== INFORMATION ==
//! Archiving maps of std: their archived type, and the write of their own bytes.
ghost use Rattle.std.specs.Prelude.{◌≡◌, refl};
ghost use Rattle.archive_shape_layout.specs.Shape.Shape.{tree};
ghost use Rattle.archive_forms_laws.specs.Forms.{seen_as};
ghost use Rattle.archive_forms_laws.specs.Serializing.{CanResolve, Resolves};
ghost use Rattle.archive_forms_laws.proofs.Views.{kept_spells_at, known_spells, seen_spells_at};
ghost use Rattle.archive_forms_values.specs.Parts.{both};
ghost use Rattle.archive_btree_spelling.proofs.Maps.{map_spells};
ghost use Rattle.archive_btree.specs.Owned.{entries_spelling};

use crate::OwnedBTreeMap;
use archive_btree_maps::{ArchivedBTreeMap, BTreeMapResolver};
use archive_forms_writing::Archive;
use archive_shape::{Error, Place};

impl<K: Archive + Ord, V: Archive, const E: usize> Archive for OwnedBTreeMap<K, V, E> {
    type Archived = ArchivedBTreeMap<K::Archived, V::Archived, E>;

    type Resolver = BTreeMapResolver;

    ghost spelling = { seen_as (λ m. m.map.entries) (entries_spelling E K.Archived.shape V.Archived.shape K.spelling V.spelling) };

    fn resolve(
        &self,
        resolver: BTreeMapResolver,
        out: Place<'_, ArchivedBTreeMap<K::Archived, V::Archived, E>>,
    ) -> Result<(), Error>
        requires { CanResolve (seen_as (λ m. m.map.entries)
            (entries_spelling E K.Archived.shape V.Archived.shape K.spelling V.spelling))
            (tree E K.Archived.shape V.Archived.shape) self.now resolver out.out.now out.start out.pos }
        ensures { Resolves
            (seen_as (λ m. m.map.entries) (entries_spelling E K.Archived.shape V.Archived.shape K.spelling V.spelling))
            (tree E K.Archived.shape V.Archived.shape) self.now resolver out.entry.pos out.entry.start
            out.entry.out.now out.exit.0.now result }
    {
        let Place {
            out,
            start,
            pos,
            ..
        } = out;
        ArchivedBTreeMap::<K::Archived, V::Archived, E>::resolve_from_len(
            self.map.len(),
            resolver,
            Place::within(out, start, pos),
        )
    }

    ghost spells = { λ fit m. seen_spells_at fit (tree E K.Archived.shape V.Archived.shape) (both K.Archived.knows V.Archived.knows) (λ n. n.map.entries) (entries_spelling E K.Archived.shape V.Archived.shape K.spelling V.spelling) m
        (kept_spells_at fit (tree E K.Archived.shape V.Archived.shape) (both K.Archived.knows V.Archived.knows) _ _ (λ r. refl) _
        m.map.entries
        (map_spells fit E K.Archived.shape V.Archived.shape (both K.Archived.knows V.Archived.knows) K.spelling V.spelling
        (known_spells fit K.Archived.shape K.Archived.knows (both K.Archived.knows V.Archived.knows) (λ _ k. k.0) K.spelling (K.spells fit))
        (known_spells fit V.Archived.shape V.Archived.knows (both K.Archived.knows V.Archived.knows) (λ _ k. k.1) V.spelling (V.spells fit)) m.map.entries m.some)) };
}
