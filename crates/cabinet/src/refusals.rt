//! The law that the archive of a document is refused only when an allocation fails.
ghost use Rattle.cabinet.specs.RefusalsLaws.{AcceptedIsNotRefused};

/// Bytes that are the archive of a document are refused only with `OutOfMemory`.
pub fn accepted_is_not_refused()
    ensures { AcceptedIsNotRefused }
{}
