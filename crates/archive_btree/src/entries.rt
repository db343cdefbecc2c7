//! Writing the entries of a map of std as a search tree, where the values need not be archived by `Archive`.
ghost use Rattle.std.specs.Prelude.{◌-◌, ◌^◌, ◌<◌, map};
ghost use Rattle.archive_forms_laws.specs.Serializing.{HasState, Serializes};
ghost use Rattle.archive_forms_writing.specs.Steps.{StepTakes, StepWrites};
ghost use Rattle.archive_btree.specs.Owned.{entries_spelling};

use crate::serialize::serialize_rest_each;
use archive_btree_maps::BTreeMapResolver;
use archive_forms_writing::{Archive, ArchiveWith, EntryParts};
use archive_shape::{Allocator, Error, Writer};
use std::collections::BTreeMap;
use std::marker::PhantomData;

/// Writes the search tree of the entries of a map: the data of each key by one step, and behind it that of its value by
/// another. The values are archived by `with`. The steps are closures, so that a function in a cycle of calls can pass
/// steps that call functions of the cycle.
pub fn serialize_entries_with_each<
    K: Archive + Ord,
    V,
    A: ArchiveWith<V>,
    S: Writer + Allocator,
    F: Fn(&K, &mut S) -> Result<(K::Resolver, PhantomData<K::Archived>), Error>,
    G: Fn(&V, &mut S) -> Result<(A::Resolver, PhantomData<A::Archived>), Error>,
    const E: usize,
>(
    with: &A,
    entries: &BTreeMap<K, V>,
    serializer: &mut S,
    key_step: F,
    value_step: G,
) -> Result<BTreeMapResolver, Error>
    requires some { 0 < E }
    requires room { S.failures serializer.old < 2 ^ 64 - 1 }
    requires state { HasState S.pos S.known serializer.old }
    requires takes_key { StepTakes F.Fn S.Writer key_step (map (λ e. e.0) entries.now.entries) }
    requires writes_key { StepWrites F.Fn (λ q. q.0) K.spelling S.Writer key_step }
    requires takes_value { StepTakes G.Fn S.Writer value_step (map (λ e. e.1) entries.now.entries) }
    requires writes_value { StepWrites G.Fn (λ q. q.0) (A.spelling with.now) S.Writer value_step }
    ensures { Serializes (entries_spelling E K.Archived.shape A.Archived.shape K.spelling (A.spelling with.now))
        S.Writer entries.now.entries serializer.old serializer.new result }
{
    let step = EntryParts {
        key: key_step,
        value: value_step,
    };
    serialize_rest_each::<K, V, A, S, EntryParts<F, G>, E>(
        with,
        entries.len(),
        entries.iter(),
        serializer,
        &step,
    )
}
===
== INFORMATION ==
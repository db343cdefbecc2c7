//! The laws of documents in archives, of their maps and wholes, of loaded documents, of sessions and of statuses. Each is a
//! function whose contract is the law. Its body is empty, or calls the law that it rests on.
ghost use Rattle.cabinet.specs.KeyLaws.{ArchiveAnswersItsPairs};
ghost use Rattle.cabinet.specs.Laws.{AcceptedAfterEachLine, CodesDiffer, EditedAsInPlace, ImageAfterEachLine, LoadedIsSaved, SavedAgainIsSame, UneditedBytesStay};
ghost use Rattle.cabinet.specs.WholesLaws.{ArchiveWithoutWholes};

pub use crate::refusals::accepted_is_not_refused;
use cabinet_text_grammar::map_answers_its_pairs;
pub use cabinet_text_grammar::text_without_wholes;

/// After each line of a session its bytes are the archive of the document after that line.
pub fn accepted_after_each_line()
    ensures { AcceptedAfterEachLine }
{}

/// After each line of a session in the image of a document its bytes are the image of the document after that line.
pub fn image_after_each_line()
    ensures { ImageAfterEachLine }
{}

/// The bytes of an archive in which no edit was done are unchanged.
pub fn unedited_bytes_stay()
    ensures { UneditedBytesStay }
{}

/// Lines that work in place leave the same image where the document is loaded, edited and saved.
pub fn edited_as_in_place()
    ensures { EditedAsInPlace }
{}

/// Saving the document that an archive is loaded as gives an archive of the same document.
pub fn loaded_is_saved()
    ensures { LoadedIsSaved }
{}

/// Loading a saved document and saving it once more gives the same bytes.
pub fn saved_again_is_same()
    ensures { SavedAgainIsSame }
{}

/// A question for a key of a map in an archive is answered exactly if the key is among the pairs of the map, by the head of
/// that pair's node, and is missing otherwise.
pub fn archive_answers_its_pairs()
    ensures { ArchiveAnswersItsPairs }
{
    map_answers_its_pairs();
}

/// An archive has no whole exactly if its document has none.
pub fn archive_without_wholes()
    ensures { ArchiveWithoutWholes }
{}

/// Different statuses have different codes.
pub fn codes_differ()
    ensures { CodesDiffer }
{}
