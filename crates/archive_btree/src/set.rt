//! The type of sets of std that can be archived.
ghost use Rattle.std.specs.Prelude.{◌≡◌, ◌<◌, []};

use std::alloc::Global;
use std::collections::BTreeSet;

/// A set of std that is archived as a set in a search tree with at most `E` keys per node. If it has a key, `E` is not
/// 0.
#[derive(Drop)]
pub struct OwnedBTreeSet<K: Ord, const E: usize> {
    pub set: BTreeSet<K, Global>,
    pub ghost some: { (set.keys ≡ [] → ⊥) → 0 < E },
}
===
From the material above, retype precisely the lines between the line holding "S: Writer +" and the line holding "HasState S.pos S.known", inclusive, and nothing beyond them.

    S: Writer + Allocator,
    F: Fn(&K, &mut S) -> Result<(K::Resolver, PhantomData<K::Archived>), Error>,
    G: Fn(&V, &mut S) -> Result<(A::Resolver, PhantomData<A::Archived>), Error>,
    const E: usize,
>(
    with: &A,
    entries: &BTreeMap<K, V>,
    serializer: &mut S,
    key_step: F,
    value_step: G,
) -> Result<BTreeMapResolver, Error>
    requires some { 0 < E }
    requires room { S.failures serializer.old < 2 ^ 64 - 1 }
    requires state { HasState S.pos S.known serializer.old }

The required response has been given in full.